[Start of section]
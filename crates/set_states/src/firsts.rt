// The values of the measures over distinct ones, one measure after the other.
ghost use Rattle.std.specs.Prelude.{◌≡◌, ◌+◌, ◌<◌, ◌≤◌, ◌∷◌, ◌++◌, ℕ, List, true, map, length, All, IfOk};
ghost use Rattle.plan_denote.specs.Computed.{Row};
ghost use Rattle.plan_denote.specs.Aggregate.{Entry};
ghost use Rattle.group_numbers.specs.Keys.{IsKept, AreAt, with_keys, keys_at};
ghost use Rattle.group_columns.specs.Columns.{keys_of};
ghost use Rattle.group_firsts.specs.Firsts.{AreFirsts, AreWithin, pair_at};
ghost use Rattle.set_states.specs.States.{AreKept, ArePairs};

use batch::Batch;
use group_firsts::Firsts;
use plan_typed::SetMeasure;
use set_inputs::with_first;
use std::alloc::Global;
use sub_types::NoMemory;

/// The same with the rows of a batch, whose groups have these numbers. The measures' columns begin with this one, and the keys are in
/// the others.
pub(crate) fn firsts_with_rows(
    alloc: Global,
    measures: &[SetMeasure],
    firsts: Vec<Firsts>,
    numbers: &[usize],
    batch: &Batch,
    first: usize,
    columns: &[u32],
) -> Result<Vec<Firsts>, NoMemory>
    requires kept { (keys : List Row) × (entries : List Entry) × AreKept measures.now keys entries firsts.items }
    requires columns { All (λ column. column < length batch.now.columns.items) columns.now }
    requires there { first + length measures.now ≤ length batch.now.columns.items }
    requires all { length numbers.now ≡ batch.now.rows }
    ensures { (keys : List Row) (entries later : List Entry) → AreKept measures.now keys entries firsts.items → ArePairs measures.now first columns.now batch.now later → AreAt (with_keys keys (keys_of later)) numbers.now (keys_of later) → IfOk result (λ more. AreKept measures.now (with_keys keys (keys_of later)) (entries ++ later) more.items) }
{
    let mut more = Vec::new(alloc);
    let mut place = 0;
    for one in firsts {
        let with = one_with_rows(
            alloc,
            measures[place].distinct,
            one,
            numbers,
            batch,
            first + place,
            columns,
        )?;
        more.push(with)?;
        place += 1;
    }
    Ok(more)
}

fn one_with_rows(
    alloc: Global,
    is_distinct: bool,
    one: Firsts,
    numbers: &[usize],
    batch: &Batch,
    first: usize,
    columns: &[u32],
) -> Result<Firsts, NoMemory>
    requires kept { is_distinct ≡ true → IsKept one.pairs }
    requires columns { All (λ column. column < length batch.now.columns.items) columns.now }
    requires there { first < length batch.now.columns.items }
    requires all { length numbers.now ≡ batch.now.rows }
    ensures { (keys : List Row) (entries later : List Entry) (place : ℕ) → is_distinct ≡ true → AreFirsts keys entries place one → map (pair_at place) later ≡ keys_at (first ∷ columns.now) batch.now → AreAt (with_keys keys (keys_of later)) numbers.now (keys_of later) → IfOk result (AreFirsts (with_keys keys (keys_of later)) (entries ++ later) place) }
{
    if !is_distinct {
        return Ok(one);
    }
    let all = with_first(alloc, first, columns)?;
    one.with_rows(alloc, numbers, batch, all.as_slice())
}

/// The same with those of later rows, whose groups have these numbers here.
pub(crate) fn firsts_with_later(
    alloc: Global,
    measures: &[SetMeasure],
    firsts: Vec<Firsts>,
    numbers: &[usize],
    later: &[Firsts],
) -> Result<Vec<Firsts>, NoMemory>
    requires kept { (keys : List Row) × (entries : List Entry) × AreKept measures.now keys entries firsts.items }
    requires later { (others : List Row) × (more : List Entry) × AreKept measures.now others more later.now × (length numbers.now ≡ length others) }
    ensures { (keys others : List Row) (entries more : List Entry) → AreKept measures.now keys entries firsts.items → AreKept measures.now others more later.now → AreAt (with_keys keys others) numbers.now others → IfOk result (λ both. AreKept measures.now (with_keys keys others) (entries ++ more) both.items) }
{
    let mut both = Vec::new(alloc);
    let mut place = 0;
    for one in firsts {
        let with = one_with_later(alloc, measures[place].distinct, one, numbers, &later[place])?;
        both.push(with)?;
        place += 1;
    }
    Ok(both)
}

fn one_with_later(
    alloc: Global,
    is_distinct: bool,
    one: Firsts,
    numbers: &[usize],
    later: &Firsts,
) -> Result<Firsts, NoMemory>
    requires kept { is_distinct ≡ true → IsKept one.pairs }
    requires later { is_distinct ≡ true → AreWithin (length numbers.now) later.now }
    ensures { (keys others : List Row) (entries more : List Entry) (place : ℕ) → is_distinct ≡ true → AreFirsts keys entries place one → AreFirsts others more place later.now → AreAt (with_keys keys others) numbers.now others → IfOk result (AreFirsts (with_keys keys others) (entries ++ more) place) }
{
    if !is_distinct {
        return Ok(one);
    }
    one.with_later(alloc, numbers, later)
}
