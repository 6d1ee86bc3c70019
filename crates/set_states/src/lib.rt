//! What is known of the groups of several sets: for each set its groups, as `group_states` knows them, and the values of the measures
//! over distinct ones, as `group_firsts` keeps them. The rows of a batch go to all sets, and what is known of later rows.
#![tactic(auto)]

mod firsts;
mod set;
mod sets;
mod start;

pub use set::SetGroups;
pub use sets::Sets;
pub use start::keepings_of;
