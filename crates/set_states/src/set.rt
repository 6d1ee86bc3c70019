// The groups of one set.
ghost use Rattle.std.specs.Prelude.{◌≡◌, ◌+◌, ◌<◌, ◌≤◌, ◌++◌, [], ℕ, List, length, All, IfOk};
ghost use Rattle.plan_denote.specs.Aggregate as aggregate;
ghost use Rattle.plan_denote.specs.Aggregate.{Entry};
ghost use Rattle.group_numbers.specs.Keys.{IsKept, AreAt, with_keys, keys_at};
ghost use Rattle.set_inputs.specs.Inputs.{AreInputs};
ghost use Rattle.set_states.specs.States.{IsKnown};

use crate::firsts::{firsts_with_later, firsts_with_rows};
use crate::start::{is_plain, keepings_of, no_firsts};
use batch::Batch;
use group_firsts::Firsts;
use group_numbers::GroupKeys;
use group_states::Groups;
use plan_typed::SetMeasure;
use set_inputs::{SetInputs, columns_over};
use std::alloc::Global;
use sub_types::NoMemory;

/// What is known of the groups of a set, and the values of the measures over distinct ones. Contracts say by `IsKnown` of which rows.
#[derive(Drop)]
pub struct SetGroups {
    /// The groups, and what each measure keeps of all values.
    pub groups: Groups,
    /// For each measure its distinct values, if it is over those.
    pub firsts: Vec<Firsts>,
}

/// Groups, and the numbers of those of rows or of later groups.
#[derive(Drop)]
struct WithNumbers {
    groups: Groups,
    numbers: Vec<usize>,
}

/// The numbers of the groups of a batch's rows.
fn numbered(
    alloc: Global,
    groups: Groups,
    batch: &Batch,
    columns: &[u32],
) -> Result<WithNumbers, NoMemory>
    requires kept { IsKept groups.keys }
    requires columns { All (λ column. column < length batch.now.columns.items) columns.now }
    ensures rest { IfOk result (λ more. (more.groups.rows ≡ groups.rows) × (more.groups.columns ≡ groups.columns)) }
    ensures kept { IfOk result (λ more. IsKept more.groups.keys) }
    ensures keys { IfOk result (λ more. more.groups.keys.rows ≡ with_keys groups.keys.rows (keys_at columns.now batch.now)) }
    ensures numbers { IfOk result (λ more. AreAt more.groups.keys.rows more.numbers.items (keys_at columns.now batch.now)) }
{
    let Groups {
        rows,
        mut keys,
        columns: kept,
    } = groups;
    let numbers = keys.numbers_of(alloc, batch, columns)?;
    let groups = Groups {
        rows,
        keys,
        columns: kept,
    };
    Ok(WithNumbers { groups, numbers })
}

/// The numbers here of the groups of later keys.
fn numbered_later(alloc: Global, groups: Groups, later: &GroupKeys) -> Result<WithNumbers, NoMemory>
    requires kept { IsKept groups.keys }
    requires later { IsKept later.now }
    ensures rest { IfOk result (λ more. (more.groups.rows ≡ groups.rows) × (more.groups.columns ≡ groups.columns)) }
    ensures kept { IfOk result (λ more. IsKept more.groups.keys) }
    ensures keys { IfOk result (λ more. more.groups.keys.rows ≡ with_keys groups.keys.rows later.now.rows) }
    ensures numbers { IfOk result (λ more. AreAt more.groups.keys.rows more.numbers.items later.now.rows) }
{
    let Groups {
        rows,
        mut keys,
        columns: kept,
    } = groups;
    let numbers = keys.numbers_from(alloc, later)?;
    let groups = Groups {
        rows,
        keys,
        columns: kept,
    };
    Ok(WithNumbers { groups, numbers })
}

impl SetGroups {
    /// Of no rows.
    pub(crate) fn new(alloc: Global, measures: &[SetMeasure]) -> Result<SetGroups, NoMemory>
        ensures { (set : List ℕ) → IfOk result (IsKnown measures.now set []) }
    {
        let keepings = keepings_of(alloc, measures)?;
        let groups = Groups::new(alloc, true, keepings.as_slice())?;
        let firsts = no_firsts(alloc, measures.len())?;
        Ok(SetGroups { groups, firsts })
    }

    /// The same with the rows of a batch, where there are so many grouping expressions.
    pub(crate) fn with_inputs(
        self,
        alloc: Global,
        width: usize,
        set: &[u32],
        measures: &[SetMeasure],
        inputs: &SetInputs,
    ) -> Result<SetGroups, NoMemory>
        requires known { (entries : List Entry) × IsKnown measures.now set.now entries self × (length entries + inputs.now.batch.rows ≤ aggregate.MAX_INPUT) }
        requires inputs { (later : List Entry) × AreInputs width measures.now later inputs.now }
        ensures { (entries later : List Entry) → IsKnown measures.now set.now entries self → AreInputs width measures.now later inputs.now → IfOk result (IsKnown measures.now set.now (entries ++ later)) }
    {
        let SetGroups { groups, firsts } = self;
        let columns = columns_over(alloc, inputs.nulls, width, set)?;
        let places = columns.as_slice();
        let taken = inputs.taken.as_slice();
        let grown = groups.with_batch(alloc, &inputs.batch, places, taken)?;
        let plain = is_plain(measures);
        if plain {
            return Ok(SetGroups {
                groups: grown,
                firsts,
            });
        }
        let more = numbered(alloc, grown, &inputs.batch, places)?;
        let first = inputs.nulls + 1;
        let firsts = firsts_with_rows(
            alloc,
            measures,
            firsts,
            more.numbers.as_slice(),
            &inputs.batch,
            first,
            places,
        )?;
        Ok(SetGroups {
            groups: more.groups,
            firsts,
        })
    }

    /// The same with what is known of later rows.
    pub(crate) fn with_later(
        self,
        alloc: Global,
        measures: &[SetMeasure],
        later: &SetGroups,
    ) -> Result<SetGroups, NoMemory>
        requires known { (set : List ℕ) × (entries : List Entry) × (more : List Entry) × IsKnown measures.now set entries self × IsKnown measures.now set more later.now × (length entries ≤ aggregate.MAX_INPUT) × (length more ≤ aggregate.MAX_INPUT) }
        ensures { (set : List ℕ) (entries more : List Entry) → IsKnown measures.now set entries self → IsKnown measures.now set more later.now → IfOk result (IsKnown measures.now set (entries ++ more)) }
    {
        let SetGroups { groups, firsts } = self;
        let grown = groups.with_later(alloc, &later.groups)?;
        let plain = is_plain(measures);
        if plain {
            return Ok(SetGroups {
                groups: grown,
                firsts,
            });
        }
        let both = numbered_later(alloc, grown, &later.groups.keys)?;
        let firsts = firsts_with_later(
            alloc,
            measures,
            firsts,
            both.numbers.as_slice(),
            later.firsts.as_slice(),
        )?;
        Ok(SetGroups {
            groups: both.groups,
            firsts,
        })
    }
}
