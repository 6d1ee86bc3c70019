// Checked plans with the places at which the values of their subqueries go.
use crate::{Rel, Typed};
use plan_leaves::Items;

/// What a subquery gives: the value of its one row, the values to search, or whether it has a row.
#[derive(Clone, Copy, Debug, PartialEq, Eq, Hash)]
pub enum SubKind {
    Scalar,
    In,
    Exists,
}

/// The place of a subquery's value: a relation, and the number of a node among its expressions, in pre-order.
#[derive(Clone, Copy, Debug, PartialEq, Eq, Hash)]
pub struct Hole {
    pub relation: u32,
    pub node: u32,
}

/// A checked subquery.
#[derive(Drop)]
pub struct Sub {
    pub rel: Rel,
    pub kind: SubKind,
    pub hole: Hole,
}

/// A checked plan and its subqueries, each inner one before the one that holds it.
#[derive(Drop)]
pub struct Holed {
    pub typed: Typed,
    pub subs: Items<Sub>,
}
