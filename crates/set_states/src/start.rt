// What is known of no rows.
ghost use Rattle.std.specs.Prelude.{◌≡◌, not, map, IfOk};
ghost use Rattle.std.specs.List.{list_any};
ghost use Rattle.plan_typed.specs.declared.rel.SetMeasure.{SetMeasure as Measured};
ghost use Rattle.set_states.specs.States as spec;

use group_firsts::Firsts;
use group_tallies::{Keeping, keeping_of};
use plan_typed::SetMeasure;
use std::alloc::Global;
use sub_types::NoMemory;

/// What each measure keeps.
pub fn keepings_of(alloc: Global, measures: &[SetMeasure]) -> Result<Vec<Keeping>, NoMemory>
    ensures { IfOk result (λ keepings. keepings.items ≡ map spec.keeping measures.now) }
{
    let mut keepings = Vec::with_capacity(alloc, measures.len())?;
    for one in measures {
        keepings.push(keeping_of(one.measure.func))?;
    }
    Ok(keepings)
}

/// No values for each of so many measures.
pub(crate) fn no_firsts(alloc: Global, measures: usize) -> Result<Vec<Firsts>, NoMemory>
    ensures { IfOk result (λ firsts. spec.AreNone measures firsts.items) }
{
    let mut firsts = Vec::new(alloc);
    for _ in 0..measures {
        let none = Firsts::new(alloc);
        firsts.push(none)?;
    }
    Ok(firsts)
}

/// Whether no measure is over distinct values.
pub(crate) fn is_plain(measures: &[SetMeasure]) -> bool
    ensures { result ≡ not (list_any (λ (one : Measured). one.distinct) measures.now) }
{
    for one in measures {
        let distinct = one.distinct;
        if distinct {
            return false;
        }
    }
    true
}
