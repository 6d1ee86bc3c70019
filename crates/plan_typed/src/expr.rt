// Checked expressions.
ghost use Rattle.std.specs.Prelude.{◌≡◌};

use plan_leaves::{Boxed, Items};
use sub_types::{Ty, Value};

/// What a call does where its result leaves its type: it is a fault, the nearest value, or it wraps.
#[derive(Clone, Copy, Debug, PartialEq, Eq, Hash)]
pub enum Overflow {
    Error,
    Saturate,
    Silent,
}

/// The functions, scalar and aggregate. A name that stands in several files of functions is one.
#[derive(Clone, Copy, Debug, PartialEq, Eq, Hash)]
pub enum Func {
    And,
    Or,
    Not,
    Xor,
    Equal,
    NotEqual,
    Lt,
    Lte,
    Gt,
    Gte,
    Between,
    IsNull,
    IsNotNull,
    IsNotDistinctFrom,
    Coalesce,
    Nullif,
    Add,
    Subtract,
    Multiply,
    Divide,
    Modulus,
    Negate,
    Abs,
    Sum,
    Avg,
    Min,
    Max,
    Concat,
    Substring,
    StartsWith,
    EndsWith,
    Contains,
    Like,
    CharLength,
    OctetLength,
    Count,
}

/// A checked expression. `ty` is its type.
#[derive(Drop)]
pub enum Expr {
    Const {
        value: Value,
        ty: Ty,
    },
    Column {
        index: u32,
        ty: Ty,
    },
    Call {
        func: Func,
        mode: Overflow,
        args: Items<Expr>,
        ty: Ty,
    },
    /// The value of the first arm whose condition is true, or `other`.
    If {
        arms: Items<(Expr, Expr)>,
        other: Boxed<Expr>,
        ty: Ty,
    },
    /// The value of the first arm with the subject's value, or `other`.
    Switch {
        subject: Boxed<Expr>,
        arms: Items<(Value, Expr)>,
        other: Boxed<Expr>,
        ty: Ty,
    },
    /// Whether the value is one of the options.
    OneOf {
        value: Boxed<Expr>,
        options: Items<Expr>,
        ty: Ty,
    },
    Cast {
        input: Boxed<Expr>,
        null_on_fail: bool,
        ty: Ty,
    },
}

impl Expr {
    ghost use Rattle.plan_typed.specs.Types.{ty_of};

    /// The expression's type.
    pub fn ty(&self) -> Ty
        ensures { result ≡ ty_of self.now }
    {
        match self {
            Expr::Const { ty, .. }
            | Expr::Column { ty, .. }
            | Expr::Call { ty, .. }
            | Expr::If { ty, .. }
            | Expr::Switch { ty, .. }
            | Expr::OneOf { ty, .. }
            | Expr::Cast { ty, .. } => *ty,
        }
    }
}
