// The groups of all sets.
ghost use Rattle.std.specs.Prelude.{◌≡◌, ◌+◌, ◌≤◌, ◌++◌, [], ℕ, List, map, length, IfOk};
ghost use Rattle.plan_denote.specs.Aggregate as aggregate;
ghost use Rattle.plan_denote.specs.Aggregate.{Entry};
ghost use Rattle.set_inputs.specs.Inputs.{AreInputs};
ghost use Rattle.set_states.specs.States.{AreKnown};

use crate::set::SetGroups;
use plan_typed::SetMeasure;
use set_inputs::SetInputs;
use std::alloc::Global;
use sub_types::NoMemory;

/// What is known of the groups of several sets: how many rows there are, and the groups of each set. Contracts say by `AreKnown` of
/// which rows.
#[derive(Drop)]
pub struct Sets {
    pub rows: u64,
    pub sets: Vec<SetGroups>,
}

impl Sets {
    /// Of no rows, for so many sets.
    pub fn new(alloc: Global, sets: usize, measures: &[SetMeasure]) -> Result<Sets, NoMemory>
        ensures { (width : ℕ) (places : List (List ℕ)) → length places ≡ sets → IfOk result (AreKnown width measures.now places []) }
    {
        let mut all = Vec::new(alloc);
        for _ in 0..sets {
            let one = SetGroups::new(alloc, measures)?;
            all.push(one)?;
        }
        Ok(Sets { rows: 0, sets: all })
    }

    /// The same with the rows of a batch, where there are so many grouping expressions.
    pub fn with_inputs(
        self,
        alloc: Global,
        width: usize,
        sets: &[Vec<u32>],
        measures: &[SetMeasure],
        inputs: &SetInputs,
    ) -> Result<Sets, NoMemory>
        requires known { (entries : List Entry) × AreKnown width measures.now (map (λ set. set.items) sets.now) entries self }
        requires inputs { (later : List Entry) × AreInputs width measures.now later inputs.now }
        requires few { self.rows + inputs.now.batch.rows ≤ aggregate.MAX_INPUT }
        ensures { (entries later : List Entry) → AreKnown width measures.now (map (λ set. set.items) sets.now) entries self → AreInputs width measures.now later inputs.now → IfOk result (AreKnown width measures.now (map (λ set. set.items) sets.now) (entries ++ later)) }
    {
        let Sets { rows, sets: olds } = self;
        let mut all = Vec::new(alloc);
        let mut place = 0;
        for one in olds {
            let more = one.with_inputs(alloc, width, sets[place].as_slice(), measures, inputs)?;
            all.push(more)?;
            place += 1;
        }
        Ok(Sets {
            rows: rows + inputs.batch.rows,
            sets: all,
        })
    }

    /// The same with what is known of later rows.
    pub fn with_later(
        self,
        alloc: Global,
        measures: &[SetMeasure],
        later: &Sets,
    ) -> Result<Sets, NoMemory>
        requires known { (width : ℕ) × (sets : List (List ℕ)) × (entries : List Entry) × (more : List Entry) × AreKnown width measures.now sets entries self × AreKnown width measures.now sets more later.now }
        requires few { self.rows + later.now.rows ≤ aggregate.MAX_INPUT }
        ensures { (width : ℕ) (sets : List (List ℕ)) (entries more : List Entry) → AreKnown width measures.now sets entries self → AreKnown width measures.now sets more later.now → IfOk result (AreKnown width measures.now sets (entries ++ more)) }
    {
        let Sets { rows, sets: olds } = self;
        let mut all = Vec::new(alloc);
        let mut place = 0;
        for one in olds {
            let both = one.with_later(alloc, measures, &later.sets[place])?;
            all.push(both)?;
            place += 1;
        }
        Ok(Sets {
            rows: rows + later.rows,
            sets: all,
        })
    }
}
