//! The typed tree of a checked plan, with copies of it. It stands on `plan_leaves`; nothing of today's way uses it.
//! A tree is its own meaning, as data.
#![tactic(auto)]

mod expr;
mod expr_copy;
mod rel;
mod rel_copy;
mod sub;

pub use expr::{Expr, Func, Overflow};
pub use rel::{JoinKind, Op, Rel, SetMeasure, SetOp, SortKey, Source, Typed, TypedMeasure};
pub use sub::{Hole, Holed, Sub, SubKind};
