// Checked relations and plans.
use crate::{Expr, Func};
use plan_leaves::{Boxed, Items};
use sub_types::{ByteList, Ty};

/// The kinds of joins (Substrait `JoinRel.JoinType` 1 to 6).
#[derive(Clone, Copy, Debug, PartialEq, Eq, Hash)]
pub enum JoinKind {
    Inner,
    Outer,
    Left,
    Right,
    LeftSemi,
    LeftAnti,
}

/// The set operations (Substrait `SetRel.SetOp`).
#[derive(Clone, Copy, Debug, PartialEq, Eq, Hash)]
pub enum SetOp {
    MinusPrimary,
    MinusPrimaryAll,
    IntersectionPrimary,
    IntersectionMultiset,
    IntersectionMultisetAll,
    UnionDistinct,
    UnionAll,
}

/// A measure of an aggregate: a function of the rows for which the filter is true.
#[derive(Drop)]
pub struct TypedMeasure {
    pub func: Func,
    pub arg: Option<Expr>,
    pub filter: Option<Expr>,
    pub ty: Ty,
}

/// A measure of grouping sets, over distinct values or all.
#[derive(Drop)]
pub struct SetMeasure {
    pub measure: TypedMeasure,
    pub distinct: bool,
}

/// A key of a sort.
#[derive(Drop)]
pub struct SortKey {
    pub expr: Expr,
    pub descending: bool,
    pub nulls_first: bool,
}

/// What a read relation reads: tables by name, in order (one for a named table), or rows of expressions.
#[derive(Drop)]
pub enum Source {
    Named(Items<ByteList>),
    Rows(Items<Items<Expr>>),
}

/// What a relation does.
#[cycle(rel)]
#[derive(Drop)]
pub enum Op {
    /// Columns of the source in the mask's order, for the rows for which the filter is true.
    Read {
        source: Source,
        names: Items<ByteList>,
        types: Items<Ty>,
        filter: Option<Expr>,
        mask: Items<u32>,
    },
    Filter {
        input: Boxed<Rel>,
        condition: Expr,
    },
    Project {
        input: Boxed<Rel>,
        exprs: Items<Expr>,
    },
    Fetch {
        input: Boxed<Rel>,
        offset: u64,
        count: Option<u64>,
    },
    Sort {
        input: Boxed<Rel>,
        keys: Items<SortKey>,
    },
    Aggregate {
        input: Boxed<Rel>,
        groups: Items<Expr>,
        measures: Items<TypedMeasure>,
    },
    /// An aggregate over several sets of its groups, by their places, or with measures over distinct values.
    GroupSets {
        input: Boxed<Rel>,
        groups: Items<Expr>,
        sets: Items<Items<u32>>,
        measures: Items<SetMeasure>,
    },
    Join {
        left: Boxed<Rel>,
        right: Boxed<Rel>,
        kind: JoinKind,
        on: Expr,
        post: Option<Expr>,
    },
    Cross {
        left: Boxed<Rel>,
        right: Boxed<Rel>,
    },
    Set {
        inputs: Items<Rel>,
        op: SetOp,
    },
}

/// A checked relation: its number in the plan, what it does, the columns of its direct output that it emits, in order, and
/// the types of what it emits.
#[cycle(rel)]
#[derive(Drop)]
pub struct Rel {
    pub number: u32,
    pub op: Op,
    pub emit: Items<u32>,
    pub columns: Items<Ty>,
}

/// A checked plan: the root's input and the names of its columns.
#[derive(Drop)]
pub struct Typed {
    pub rel: Rel,
    pub names: Items<ByteList>,
}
[End of section]
▶ WORK TASK
From the records above, retype only the lines starting at the line that contains "these numbers here." and ending at the line that contains "(others : List", both included.

▶ SOLUTION FOR THIS EXERCISE
/// The same with those of later rows, whose groups have these numbers here.
pub(crate) fn firsts_with_later(
    alloc: Global,
    measures: &[SetMeasure],
    firsts: Vec<Firsts>,
    numbers: &[usize],
    later: &[Firsts],
) -> Result<Vec<Firsts>, NoMemory>
    requires kept { (keys : List Row) × (entries : List Entry) × AreKept measures.now keys entries firsts.items }
    requires later { (others : List Row) × (more : List Entry) × AreKept measures.now others more later.now × (length numbers.now ≡ length others) }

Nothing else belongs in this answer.